[GOAL OF THE EXERCISE]: What lines in the data hold the string "names"? Show them.

----- GIVEN RECORDS

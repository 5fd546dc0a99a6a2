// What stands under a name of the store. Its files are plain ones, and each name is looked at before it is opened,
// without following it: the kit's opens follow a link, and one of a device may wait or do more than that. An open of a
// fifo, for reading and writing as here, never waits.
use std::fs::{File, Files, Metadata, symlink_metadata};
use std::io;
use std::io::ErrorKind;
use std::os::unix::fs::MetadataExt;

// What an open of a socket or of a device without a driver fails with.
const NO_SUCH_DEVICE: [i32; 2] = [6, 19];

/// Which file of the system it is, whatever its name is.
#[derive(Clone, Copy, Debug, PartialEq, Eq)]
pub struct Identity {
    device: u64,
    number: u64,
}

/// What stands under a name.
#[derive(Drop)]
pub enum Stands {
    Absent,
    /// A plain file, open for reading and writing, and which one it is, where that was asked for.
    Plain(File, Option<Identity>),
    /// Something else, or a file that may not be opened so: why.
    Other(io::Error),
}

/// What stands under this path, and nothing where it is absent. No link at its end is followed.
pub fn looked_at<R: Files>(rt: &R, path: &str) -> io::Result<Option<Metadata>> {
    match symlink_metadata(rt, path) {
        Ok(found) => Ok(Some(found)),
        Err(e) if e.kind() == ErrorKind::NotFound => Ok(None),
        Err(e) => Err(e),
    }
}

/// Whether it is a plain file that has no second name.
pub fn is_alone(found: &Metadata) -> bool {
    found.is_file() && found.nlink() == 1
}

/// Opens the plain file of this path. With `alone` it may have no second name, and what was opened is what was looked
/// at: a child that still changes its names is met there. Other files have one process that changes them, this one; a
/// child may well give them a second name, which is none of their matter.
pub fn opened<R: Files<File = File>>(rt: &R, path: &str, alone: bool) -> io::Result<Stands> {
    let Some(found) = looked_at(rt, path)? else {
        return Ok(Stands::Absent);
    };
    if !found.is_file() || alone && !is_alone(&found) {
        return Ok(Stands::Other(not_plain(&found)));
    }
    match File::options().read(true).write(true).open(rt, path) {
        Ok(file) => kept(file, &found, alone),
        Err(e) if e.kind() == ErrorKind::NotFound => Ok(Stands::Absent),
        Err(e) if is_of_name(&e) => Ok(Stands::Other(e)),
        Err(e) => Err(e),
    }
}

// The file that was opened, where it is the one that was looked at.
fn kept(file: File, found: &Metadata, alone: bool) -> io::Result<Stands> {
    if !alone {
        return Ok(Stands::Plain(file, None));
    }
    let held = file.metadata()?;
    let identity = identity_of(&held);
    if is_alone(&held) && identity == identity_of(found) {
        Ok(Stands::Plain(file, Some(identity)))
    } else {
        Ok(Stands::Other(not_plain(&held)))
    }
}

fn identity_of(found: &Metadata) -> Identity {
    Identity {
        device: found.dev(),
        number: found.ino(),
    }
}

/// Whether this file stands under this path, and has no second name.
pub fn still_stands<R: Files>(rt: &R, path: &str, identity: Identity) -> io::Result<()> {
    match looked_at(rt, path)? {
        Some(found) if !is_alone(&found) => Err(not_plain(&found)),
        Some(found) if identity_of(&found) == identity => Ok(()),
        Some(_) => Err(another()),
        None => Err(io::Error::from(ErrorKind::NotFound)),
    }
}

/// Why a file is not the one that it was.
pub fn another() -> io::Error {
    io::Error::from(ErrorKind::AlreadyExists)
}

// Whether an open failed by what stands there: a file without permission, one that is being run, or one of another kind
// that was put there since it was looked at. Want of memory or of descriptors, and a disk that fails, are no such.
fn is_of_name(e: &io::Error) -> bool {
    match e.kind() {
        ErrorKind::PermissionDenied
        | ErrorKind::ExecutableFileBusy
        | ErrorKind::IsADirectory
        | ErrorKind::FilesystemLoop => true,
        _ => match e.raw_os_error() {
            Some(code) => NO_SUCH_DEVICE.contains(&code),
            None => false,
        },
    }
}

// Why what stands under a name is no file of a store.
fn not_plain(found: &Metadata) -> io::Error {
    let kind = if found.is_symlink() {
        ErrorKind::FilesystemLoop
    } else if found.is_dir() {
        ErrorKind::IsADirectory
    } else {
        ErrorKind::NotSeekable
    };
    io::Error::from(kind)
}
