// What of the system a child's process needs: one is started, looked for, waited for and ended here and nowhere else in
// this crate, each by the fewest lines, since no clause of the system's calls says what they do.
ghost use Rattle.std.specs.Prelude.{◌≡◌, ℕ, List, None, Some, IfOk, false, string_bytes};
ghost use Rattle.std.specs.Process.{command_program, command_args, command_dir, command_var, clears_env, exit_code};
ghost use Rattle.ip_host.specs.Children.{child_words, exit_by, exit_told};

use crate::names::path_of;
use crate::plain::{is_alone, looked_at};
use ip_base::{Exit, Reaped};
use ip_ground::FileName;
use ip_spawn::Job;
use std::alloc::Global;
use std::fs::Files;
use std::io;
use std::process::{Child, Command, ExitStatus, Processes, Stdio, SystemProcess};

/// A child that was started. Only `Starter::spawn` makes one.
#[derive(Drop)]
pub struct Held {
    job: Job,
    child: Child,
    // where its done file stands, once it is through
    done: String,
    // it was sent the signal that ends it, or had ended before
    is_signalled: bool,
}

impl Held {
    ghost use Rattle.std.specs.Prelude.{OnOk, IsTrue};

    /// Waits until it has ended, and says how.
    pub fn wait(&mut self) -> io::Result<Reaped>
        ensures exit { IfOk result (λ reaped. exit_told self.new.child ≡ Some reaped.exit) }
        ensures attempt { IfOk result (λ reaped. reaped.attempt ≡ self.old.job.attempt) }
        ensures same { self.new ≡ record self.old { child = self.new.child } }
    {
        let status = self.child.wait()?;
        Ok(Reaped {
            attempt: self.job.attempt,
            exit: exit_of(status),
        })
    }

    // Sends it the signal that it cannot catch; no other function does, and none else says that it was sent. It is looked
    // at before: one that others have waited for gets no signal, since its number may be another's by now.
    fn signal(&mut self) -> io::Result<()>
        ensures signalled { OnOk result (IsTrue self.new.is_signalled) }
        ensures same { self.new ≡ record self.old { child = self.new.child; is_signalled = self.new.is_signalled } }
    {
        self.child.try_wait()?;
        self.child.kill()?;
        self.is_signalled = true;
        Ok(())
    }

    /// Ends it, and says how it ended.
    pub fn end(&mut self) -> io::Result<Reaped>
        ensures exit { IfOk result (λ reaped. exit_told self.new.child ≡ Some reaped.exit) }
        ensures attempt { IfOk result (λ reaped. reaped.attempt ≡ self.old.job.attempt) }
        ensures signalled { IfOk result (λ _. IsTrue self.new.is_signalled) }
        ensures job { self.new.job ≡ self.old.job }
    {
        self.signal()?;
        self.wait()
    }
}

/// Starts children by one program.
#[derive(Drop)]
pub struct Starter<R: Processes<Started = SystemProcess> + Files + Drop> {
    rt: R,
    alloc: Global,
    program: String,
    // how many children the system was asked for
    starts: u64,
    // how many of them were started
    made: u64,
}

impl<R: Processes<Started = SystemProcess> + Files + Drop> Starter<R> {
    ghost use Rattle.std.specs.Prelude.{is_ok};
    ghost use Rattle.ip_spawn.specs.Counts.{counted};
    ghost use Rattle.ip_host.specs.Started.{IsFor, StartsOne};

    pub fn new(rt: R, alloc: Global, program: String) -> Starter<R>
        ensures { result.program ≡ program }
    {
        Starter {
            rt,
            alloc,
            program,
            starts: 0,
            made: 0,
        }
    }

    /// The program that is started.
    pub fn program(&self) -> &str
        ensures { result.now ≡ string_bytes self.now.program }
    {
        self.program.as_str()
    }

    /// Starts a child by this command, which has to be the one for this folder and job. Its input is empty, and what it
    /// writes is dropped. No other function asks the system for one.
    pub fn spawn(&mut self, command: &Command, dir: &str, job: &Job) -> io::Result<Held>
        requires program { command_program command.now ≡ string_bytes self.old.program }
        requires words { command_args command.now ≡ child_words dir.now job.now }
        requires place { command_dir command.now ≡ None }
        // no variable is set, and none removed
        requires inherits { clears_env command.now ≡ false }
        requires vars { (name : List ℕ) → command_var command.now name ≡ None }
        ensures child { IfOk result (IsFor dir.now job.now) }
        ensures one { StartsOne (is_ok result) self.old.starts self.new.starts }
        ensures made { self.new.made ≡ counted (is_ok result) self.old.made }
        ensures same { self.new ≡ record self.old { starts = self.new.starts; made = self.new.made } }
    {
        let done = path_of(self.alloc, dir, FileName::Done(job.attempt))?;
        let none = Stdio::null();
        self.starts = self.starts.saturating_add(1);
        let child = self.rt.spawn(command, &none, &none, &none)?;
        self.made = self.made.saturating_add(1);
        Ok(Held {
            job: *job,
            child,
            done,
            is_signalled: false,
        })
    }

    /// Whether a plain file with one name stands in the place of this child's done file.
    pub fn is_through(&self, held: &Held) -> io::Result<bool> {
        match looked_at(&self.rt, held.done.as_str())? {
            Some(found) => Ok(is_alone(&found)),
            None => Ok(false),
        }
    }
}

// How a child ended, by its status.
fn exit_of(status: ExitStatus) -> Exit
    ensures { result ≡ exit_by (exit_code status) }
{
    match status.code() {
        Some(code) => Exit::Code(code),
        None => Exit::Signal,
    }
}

----------

[TASK OUTPUT]:
/// at: a child that still changes its names is met there. Other files have one process that changes them, this one; a
use crate::names::path_of;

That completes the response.